Nominated by Jacob Kaplan-Moss.

Daniel Greenfeld, aka pydanny, is a long-time Pythonista and a contributor to a variety of projects, mostly around the Python web space. He's been active in the Zope, Plone, and Django communities, has released a variety of open source projects of his own, most recently Open Comparison, the software behind Django Packages.

This is what Danny has to say about his goals for being on the board:

I want to promote and evangelize the language. I want to see the hard work put into PyPy, PyPI, RTFD, and other projects continue. I want to see PyPI be given funding so it can build a better infrastructure - not next year as volunteers can get to it but as soon as possible. I would like to see the rebuild of python.org move forward and will contribute in any way possible to that effort.

I want to make Python much more diverse. I believed in that before Audrey Roy (my fiancee) founded PyLadies, and it needs to continue. It's a sensitive topic and I believe I have an insight into it which is unique and positive. Not just because of Audrey, she just shares my beliefs and I've stood by her at every moment.

I'm positive and encouraging of others. I salute others for their intelligence and believe that attitude is what makes Python such a great community.

I'm also strong enough to change my mind and apologize publicly.

I can line up sponsors. I can get groups energized. I can and have done this without board membership, but that would empower me more to help Python.

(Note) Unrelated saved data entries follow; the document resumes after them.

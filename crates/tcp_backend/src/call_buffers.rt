// The buffers of a call.
use counted_io::PIECE;
use lent_io::{ReadBuffer, WriteBuffer};
use std::alloc::{AllocError, Global};

/// The buffers of a call, which takes them by value and gives them back.
#[derive(Drop)]
pub(crate) struct CallBuffers {
    pub(crate) ahead: ReadBuffer,
    pub(crate) behind: WriteBuffer,
}

impl CallBuffers {
    // New buffers. It fails only out of memory.
    pub(crate) fn new(alloc: Global) -> Result<CallBuffers, AllocError> {
        Ok(CallBuffers {
            ahead: ReadBuffer::new(alloc, PIECE)?,
            behind: WriteBuffer::new(alloc, PIECE)?,
        })
    }
}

I've seen first-hand Danny's drive and ambition: he knows how to get things done. He can navigate both the open source world and the corporate world with ease, and I believe he has the right mix of technical ability and management skills to serve the PSF well.

Perhaps the greatest compliment I can give to Danny is this: we don't always agree, but when we disagree it's always a pleasant, professional, respectful conversation. The PSF has many stakeholders whose needs often conflict, and I trust Danny to listen to all sides and make conscientious, careful, respectful decisions.


Andrew Kuchling

New Board Member.

I've been a PSF director before (from 2005 to 2008, and again in the 2009-2010 year) and a past PyCon conference co-chair.

I'm very pleased with the PSF's increased activity level for the past two years, that came from new and fresh board members who've introduced new approaches and initiatives. I want to see that continue, so I don't bring any significant new initiatives of my own and instead aim to contribute my effort and assistance toward seeing the existing projects completed.


Doug Napoleone

2011 Board Member.

  • I have served on the board for 2 years.
  • I am one of the core organizers for PyCon US since 2006.
  • I am active in multiple sub committees (Trademarks, Sprints, PyCon US)
  • Headed the PyCon website sub-committee until it was subsumed within PyCon US reporting.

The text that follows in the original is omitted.